SidSparrow · 15/05/2022 08:36

@Tamzo85 That's some playful sense of humour.

I appreciate dark humour, with my life I have too 😂 But there's a time and a place. I know for a fact that he was the butt of a joke, making him out to be sh*t he would go off his trolley. He can dish it out but he can't take it - I wouldn't dare attempt it.

OP posts:
Stompythedinosaur · 15/05/2022 08:41

It sounds like he'd like to have your dc less so if make other plans for that day.

I can't see how that comment is a joke tbh, but I do wonder whether your childcare arrangements seem different to him. I think you need an open conversation about whether he feels taken advantage of and to limit the childcare he is doing.

Porcupineintherough · 15/05/2022 08:41

What's the grandparent - grandchild relationship like?
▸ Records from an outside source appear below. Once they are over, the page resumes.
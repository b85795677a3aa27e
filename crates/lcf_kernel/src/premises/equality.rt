//! What rules of equality ask and make.
ghost use Rattle.std.specs.Prelude.{◌≡◌, ◌↔◌, IsTrue, IfOk, IfSome, IfNone};
ghost use Rattle.hol_types.specs.Ty.{Ty, BoolTy};
ghost use Rattle.hol_types.specs.TypeStore.{type_tree};
ghost use Rattle.hol_terms.specs.Term.{Term, AppTm, LamTm, BoundsFit, ty_of};
ghost use Rattle.hol_terms.specs.Substitution.{IsClosed, subst_bound};
ghost use Rattle.hol_terms.specs.TermStore.{HasTerm, TermsApart, term_tree};
ghost use Rattle.hol_terms.specs.Formula.{IsTerm};
ghost use Rattle.hol_terms.specs.Constants.{equation, conditional};
ghost use Rattle.lcf_kernel.specs.KernelState.{HasThm, concl_of, IsKernel, KeepsAll};

use crate::kernel::Kernel;
use crate::thm::ThmId;
use hol_formulas::binder::{Binder, lambda_parts};
use hol_formulas::equation::{eq_parts, make_eq, make_ite, same_type};
use hol_formulas::formula::Sides;
use hol_terms::{Node, TermId, Terms};
use std::alloc::AllocError;

/// A lambda applied to a term.
#[derive(Clone, Copy, Debug)]
pub(crate) struct Redex {
    pub(crate) lambda: Binder,
    pub(crate) argument: TermId,
}

impl<'b> Kernel<'b> {
    /// Does nothing: a call of the store says that the term is typed.
    pub(crate) fn know_term(&self, t: TermId)
        requires there { HasTerm self.now.store t }
        requires closed { IsClosed (term_tree self.now.store t) }
        ensures term { IsTerm (term_tree self.now.store t) }
        ensures lawful { IsKernel self.now }
    {
        self.know_apart();
        let _ty = self.store().ty(t);
    }

    /// Whether two terms may be the branches of a conditional: they have one type.
    pub(crate) fn are_branches(&self, t: TermId, u: TermId) -> bool
        requires first { HasTerm self.now.store t }
        requires second { HasTerm self.now.store u }
        requires first_closed { IsClosed (term_tree self.now.store t) }
        requires second_closed { IsClosed (term_tree self.now.store u) }
        ensures is { IsTrue result ↔ (ty_of (term_tree self.now.store u) ≡ ty_of (term_tree self.now.store t)) }
        ensures first_term { IsTerm (term_tree self.now.store t) }
        ensures second_term { IsTerm (term_tree self.now.store u) }
    {
        self.know_term(t);
        self.know_term(u);
        same_type(self, t, u)
    }

    /// The sides of a conclusion that is an equation.
    pub(crate) fn equated_by(&self, a: ThmId) -> Option<Sides>
        requires { HasThm self.now a }
        ensures none { IfNone result ((ty : Ty) (l r : Term) → concl_of self.now a ≡ equation ty l r → ⊥) }
        ensures left { IfSome result (λ p. HasTerm self.now.store p.left) }
        ensures right { IfSome result (λ p. HasTerm self.now.store p.right) }
        ensures some { IfSome result (λ p. concl_of self.now a ≡ equation (ty_of (term_tree self.now.store p.left)) (term_tree self.now.store p.left) (term_tree self.now.store p.right)) }
        ensures lawful { IsKernel self.now }
        ensures apart { TermsApart self.now.store }
    {
        eq_parts(self, self.constants(), self.concl(a))
    }

    /// The body of a lambda on the type of a term.
    pub(crate) fn body_for(&self, p: TermId, t: TermId) -> Option<TermId>
        requires lambda { HasTerm self.now.store p }
        requires there { HasTerm self.now.store t }
        requires closed { IsClosed (term_tree self.now.store p) }
        ensures none { IfNone result ((b : Term) → term_tree self.now.store p ≡ LamTm (ty_of (term_tree self.now.store t)) b → ⊥) }
        ensures there { IfSome result (λ b. HasTerm self.now.store b) }
        ensures some { IfSome result (λ b. term_tree self.now.store p ≡ LamTm (ty_of (term_tree self.now.store t)) (term_tree self.now.store b)) }
        ensures term { IsTerm (term_tree self.now.store p) }
    {
        self.know_term(p);
        let Some(lambda) = lambda_parts(self, p) else {
            return None;
        };
        if lambda.ty == self.ty(t) {
            Some(lambda.body)
        } else {
            None
        }
    }

    /// The parts of a lambda applied to a term.
    pub(crate) fn redex_at(&self, t: TermId) -> Option<Redex>
        requires there { HasTerm self.now.store t }
        requires closed { IsClosed (term_tree self.now.store t) }
        ensures none { IfNone result ((ty : Ty) (b u : Term) → term_tree self.now.store t ≡ AppTm (LamTm ty b) u → ⊥) }
        ensures body { IfSome result (λ x. HasTerm self.now.store x.lambda.body) }
        ensures argument { IfSome result (λ x. HasTerm self.now.store x.argument) }
        ensures some { IfSome result (λ x. term_tree self.now.store t ≡ AppTm (LamTm (type_tree self.now.store.types x.lambda.ty) (term_tree self.now.store x.lambda.body)) (term_tree self.now.store x.argument)) }
        ensures term { IsTerm (term_tree self.now.store t) }
    {
        self.know_term(t);
        let Node::App(f, argument) = self.node(t) else {
            return None;
        };
        let Some(lambda) = lambda_parts(self, f) else {
            return None;
        };
        Some(Redex { lambda, argument })
    }

    /// The equation of two terms of one type.
    pub(crate) fn equation(&mut self, a: TermId, b: TermId) -> Result<TermId, AllocError>
        requires left { HasTerm self.old.store a }
        requires right { HasTerm self.old.store b }
        requires same { ty_of (term_tree self.old.store b) ≡ ty_of (term_tree self.old.store a) }
        ensures there { IfOk result (λ t. HasTerm self.new.store t) }
        ensures tree { IfOk result (λ t. term_tree self.new.store t ≡ equation (ty_of (term_tree self.old.store a)) (term_tree self.old.store a) (term_tree self.old.store b)) }
        ensures keeps { KeepsAll self.old self.new }
    {
        let constants = self.constants();
        let t = make_eq(self, constants, a, b)?;
        Ok(t)
    }

    /// The conditional of a condition and two branches.
    fn conditional(&mut self, c: TermId, t: TermId, u: TermId) -> Result<TermId, AllocError>
        requires condition { HasTerm self.old.store c }
        requires first { HasTerm self.old.store t }
        requires second { HasTerm self.old.store u }
        requires bool { ty_of (term_tree self.old.store c) ≡ BoolTy }
        requires same { ty_of (term_tree self.old.store u) ≡ ty_of (term_tree self.old.store t) }
        ensures there { IfOk result (λ r. HasTerm self.new.store r) }
        ensures tree { IfOk result (λ r. term_tree self.new.store r ≡ conditional (ty_of (term_tree self.old.store t)) (term_tree self.old.store c) (term_tree self.old.store t) (term_tree self.old.store u)) }
        ensures keeps { KeepsAll self.old self.new }
    {
        let constants = self.constants();
        let r = make_ite(self, constants, c, t, u)?;
        Ok(r)
    }

    /// That a conditional is one of its branches.
    pub(crate) fn selects(
        &mut self,
        c: TermId,
        t: TermId,
        u: TermId,
        selected: TermId,
    ) -> Result<TermId, AllocError>
        requires condition { HasTerm self.old.store c }
        requires first { HasTerm self.old.store t }
        requires second { HasTerm self.old.store u }
        requires selected { HasTerm self.old.store selected }
        requires bool { ty_of (term_tree self.old.store c) ≡ BoolTy }
        requires same { ty_of (term_tree self.old.store u) ≡ ty_of (term_tree self.old.store t) }
        requires same_selected { ty_of (term_tree self.old.store selected) ≡ ty_of (term_tree self.old.store t) }
        ensures there { IfOk result (λ r. HasTerm self.new.store r) }
        ensures tree { IfOk result (λ r. term_tree self.new.store r ≡ equation (ty_of (term_tree self.old.store t)) (conditional (ty_of (term_tree self.old.store t)) (term_tree self.old.store c) (term_tree self.old.store t) (term_tree self.old.store u)) (term_tree self.old.store selected)) }
        ensures keeps { KeepsAll self.old self.new }
    {
        let whole = self.conditional(c, t, u)?;
        let r = self.equation(whole, selected)?;
        Ok(r)
    }

    /// The body of a lambda with a closed term for its variable.
    pub(crate) fn opened(&mut self, body: TermId, t: TermId) -> Result<TermId, AllocError>
        requires body { HasTerm self.old.store body }
        requires there { HasTerm self.old.store t }
        requires closed { IsClosed (term_tree self.old.store t) }
        requires fits { BoundsFit (term_tree self.old.store body) 0 (ty_of (term_tree self.old.store t)) }
        ensures there { IfOk result (λ r. HasTerm self.new.store r) }
        ensures tree { IfOk result (λ r. term_tree self.new.store r ≡ subst_bound (term_tree self.old.store body) 0 (term_tree self.old.store t)) }
        ensures keeps { KeepsAll self.old self.new }
    {
        self.know_apart();
        let r = self.open(body, t)?;
        Ok(r)
    }

    /// The body of a lambda with each of two closed terms of one type for its variable.
    pub(crate) fn opened_with(&mut self, body: TermId, by: Sides) -> Result<Sides, AllocError>
        requires body { HasTerm self.old.store body }
        requires left { HasTerm self.old.store by.left }
        requires right { HasTerm self.old.store by.right }
        requires left_closed { IsClosed (term_tree self.old.store by.left) }
        requires right_closed { IsClosed (term_tree self.old.store by.right) }
        requires left_fits { BoundsFit (term_tree self.old.store body) 0 (ty_of (term_tree self.old.store by.left)) }
        requires right_fits { BoundsFit (term_tree self.old.store body) 0 (ty_of (term_tree self.old.store by.right)) }
        ensures left_there { IfOk result (λ r. HasTerm self.new.store r.left) }
        ensures right_there { IfOk result (λ r. HasTerm self.new.store r.right) }
        ensures left { IfOk result (λ r. term_tree self.new.store r.left ≡ subst_bound (term_tree self.old.store body) 0 (term_tree self.old.store by.left)) }
        ensures right { IfOk result (λ r. term_tree self.new.store r.right ≡ subst_bound (term_tree self.old.store body) 0 (term_tree self.old.store by.right)) }
        ensures keeps { KeepsAll self.old self.new }
    {
        let left = self.opened(body, by.left)?;
        let right = self.opened(body, by.right)?;
        Ok(Sides { left, right })
    }

    /// The equation of a lambda applied to a term with its body with the term.
    pub(crate) fn reduction(&mut self, t: TermId, redex: Redex) -> Result<TermId, AllocError>
        requires there { HasTerm self.old.store t }
        requires body { HasTerm self.old.store redex.lambda.body }
        requires argument { HasTerm self.old.store redex.argument }
        requires term { IsTerm (term_tree self.old.store t) }
        requires is { term_tree self.old.store t ≡ AppTm (LamTm (type_tree self.old.store.types redex.lambda.ty) (term_tree self.old.store redex.lambda.body)) (term_tree self.old.store redex.argument) }
        ensures there { IfOk result (λ r. HasTerm self.new.store r) }
        ensures tree { IfOk result (λ r. term_tree self.new.store r ≡ equation (ty_of (term_tree self.old.store redex.lambda.body)) (term_tree self.old.store t) (subst_bound (term_tree self.old.store redex.lambda.body) 0 (term_tree self.old.store redex.argument))) }
        ensures keeps { KeepsAll self.old self.new }
    {
        let opened = self.opened(redex.lambda.body, redex.argument)?;
        let r = self.equation(t, opened)?;
        Ok(r)
    }
}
If it's good then you could decide to focus on that and accept that your relationship with him will never be great (not if he's deliberately unkind or underhand to you obviously but if this is about silly boasts and clumsy jokes).

dworky · 15/05/2022 08:42

DropYourSword · 15/05/2022 07:59

It might be a little more true than you're willing to admit to yourself?

But then he should be approaching her about it, not bitching behind her back to someone else.
I would be unimpressed with such behaviour & certainly confront him about it.
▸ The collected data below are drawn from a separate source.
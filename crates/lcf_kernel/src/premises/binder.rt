//! What rules of quantifiers ask and make.
ghost use Rattle.std.specs.Prelude.{◌≡◌, true, false, IfOk, IfSome, IfNone};
ghost use Rattle.hol_types.specs.Ty.{Ty, BoolTy, FunTy};
ghost use Rattle.hol_types.specs.TypeStore.{HasType, type_tree};
ghost use Rattle.hol_terms.specs.Term.{Term, AppTm, LamTm, Typed, result_ty, ty_of};
ghost use Rattle.hol_terms.specs.Substitution.{IsClosed, IsFreeVariable, subst_bound};
ghost use Rattle.hol_terms.specs.TermStore.{HasTerm, term_tree};
ghost use Rattle.hol_terms.specs.Formula.{IsFormula, NotFreeIn, NotFreeInAny, without};
ghost use Rattle.hol_terms.specs.Constants.{for_all, exists, chosen};
ghost use Rattle.hol_terms.specs.Derivable.{applied, abstraction};
ghost use Rattle.lcf_kernel.specs.KernelState.{HasThm, concl_of, context_of, all_hyps_of, IsKernel, KeepsAll};
ghost use Rattle.hol_formulas.specs.Formulas.{HasFormula};
ghost use Rattle.lcf_kernel.specs.RuleForms.{IsGeneral, IsArbitrary, Agree};

use crate::hyps::holds;
use crate::kernel::Kernel;
use crate::thm::ThmId;
use hol_formulas::binder::{
    Binder, all_part, ex_parts, is_variable, lambda_parts, make_chosen, make_general,
};
use hol_formulas::formula::{Sides, apply_fitting};
use hol_terms::{Node, TermId, Terms};
use std::alloc::AllocError;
SidSparrow · 15/05/2022 08:45

@CaperCaper Thank you - I have been gradually stepping back. It's hard because as much as they were crap with me, they are good grandparents. And for l want my children to have a good relationship with their grandparents. Also they are the only relatives where we are that can help out. In saying that I do keep a close eye due to my history with them, and if I thought for a second that the relationship was unhealthy it would be over. I don't care if I never get another baby sitter again. It's why I don't suck it up anymore, I feel I owe it to my children to be honest with my Dad so he will think twice with them. He needs to know that some things are unacceptable.

OP posts:
gettingolderandgrumpy · 15/05/2022 08:46

I used to have this sort of thing with my dad when my mum would help with childcare . If he was in a mood kick off and say get a childminder so the next day I took the day off to try and sort out care and my mum would say why and say it’s nothing to do with her that he kicks off and wanted to help with the dc . Honestly this would go round like this every now and then even when I did have alternative childcare. My dad is hugely sexist though and didn’t like me working . Speak to your mum about it and ask if the dc are there too much I suspect they may moan on occasion rather than speak to you about it .

DontPickTheFlowers · 15/05/2022 08:46

OP there is obviously far more to his comment given the history.

My DM does similar, she loves to tell long, highly decorated stories about my transgressions. She is a narcissist. She was also a truly crap parent, deep down she knows this so tells the stories to berate and divert the blame onto me. Could there be something similar going on here OP?

Your DF does sound like he has emotionally abusive tendencies tbh. Do you know why you DM left? Could he have driven her away?